- **Exercise objective**
Copy the complete listing exactly as shown.
.....
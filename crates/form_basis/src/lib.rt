//! The numbers of the unknowns' rows over one scale (`Basis`): what a form makes of them, and the test whether that is a
//! row.
#![tactic(auto)]

mod basis;
mod columns;
mod products;
mod reading;
mod row_test;
mod scales;

pub use basis::{Basis, no_basis};
pub use columns::{column, push};
pub use products::{add_product, are_short, greater, norm, wide_product, with_size};
pub use reading::{coefficient, value};
pub use row_test::checked_norm;
pub use scales::{factor, multiple};
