ghost use Rattle.std.specs.Prelude.{◌≡◌, pos, ◌≤ℤ◌, ◌*ℤ◌, IfSome};
ghost use Rattle.pip_model.specs.Numbers as model;
ghost use Rattle.row_laws.specs.Short.{IsShort};

use short_numbers::{short_floor_div, short_gcd};

/// A short number above 0, meant as a common multiple of the two: `factor` tests that it is one.
pub fn multiple(a: i64, b: i64) -> Option<i64>
    requires positive { pos 1 ≤ℤ a }
    requires first { IsShort a }
    requires second { IsShort b }
    ensures positive { IfSome result (λ l. pos 1 ≤ℤ l) }
    ensures short { IfSome result (λ l. IsShort l) }
{
    let product = short_floor_div(a, short_gcd(a, b)).checked_mul(b)?;
    if product < 1 { None } else { Some(product) }
}

/// What the scale has of a denominator, where it is a multiple of it.
pub fn factor(scale: i64, den: i64) -> Option<i64>
    requires scale { pos 1 ≤ℤ scale }
    requires short { IsShort scale }
    requires den { pos 1 ≤ℤ den }
    ensures value { IfSome result (λ q. q ≡ model.floor_div scale den) }
    ensures multiple { IfSome result (λ q. scale ≡ den *ℤ q) }
{
    let quotient = short_floor_div(scale, den);
    let product = den.checked_mul(quotient)?;
    if product == scale {
        Some(quotient)
    } else {
        None
    }
}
.....
- **Response box**
filename crates/form_basis/src/lib.rt
//! The numbers of the unknowns' rows over one scale (`Basis`): what a form makes of them, and the test whether that is a
//! row.
#![tactic(auto)]

mod basis;
mod columns;
mod products;
mod reading;
mod row_test;
mod scales;

pub use basis::{Basis, no_basis};
pub use columns::{column, push};
pub use products::{add_product, are_short, greater, norm, wide_product, with_size};
pub use reading::{coefficient, value};
pub use row_test::checked_norm;
pub use scales::{factor, multiple};
ghost use Rattle.std.specs.Prelude.{◌≡◌, pos, ◌≤ℤ◌, ◌*ℤ◌, IfSome};
ghost use Rattle.pip_model.specs.Numbers as model;
ghost use Rattle.row_laws.specs.Short.{IsShort};

use short_numbers::{short_floor_div, short_gcd};

/// A short number above 0, meant as a common multiple of the two: `factor` tests that it is one.
pub fn multiple(a: i64, b: i64) -> Option<i64>
    requires positive { pos 1 ≤ℤ a }
    requires first { IsShort a }
    requires second { IsShort b }
    ensures positive { IfSome result (λ l. pos 1 ≤ℤ l) }
    ensures short { IfSome result (λ l. IsShort l) }
{
    let product = short_floor_div(a, short_gcd(a, b)).checked_mul(b)?;
    if product < 1 { None } else { Some(product) }
}

/// What the scale has of a denominator, where it is a multiple of it.
pub fn factor(scale: i64, den: i64) -> Option<i64>
    requires scale { pos 1 ≤ℤ scale }
    requires short { IsShort scale }
    requires den { pos 1 ≤ℤ den }
    ensures value { IfSome result (λ q. q ≡ model.floor_div scale den) }
    ensures multiple { IfSome result (λ q. scale ≡ den *ℤ q) }
{
    let quotient = short_floor_div(scale, den);
    let product = den.checked_mul(quotient)?;
    if product == scale {
        Some(quotient)
    } else {
        None
    }
}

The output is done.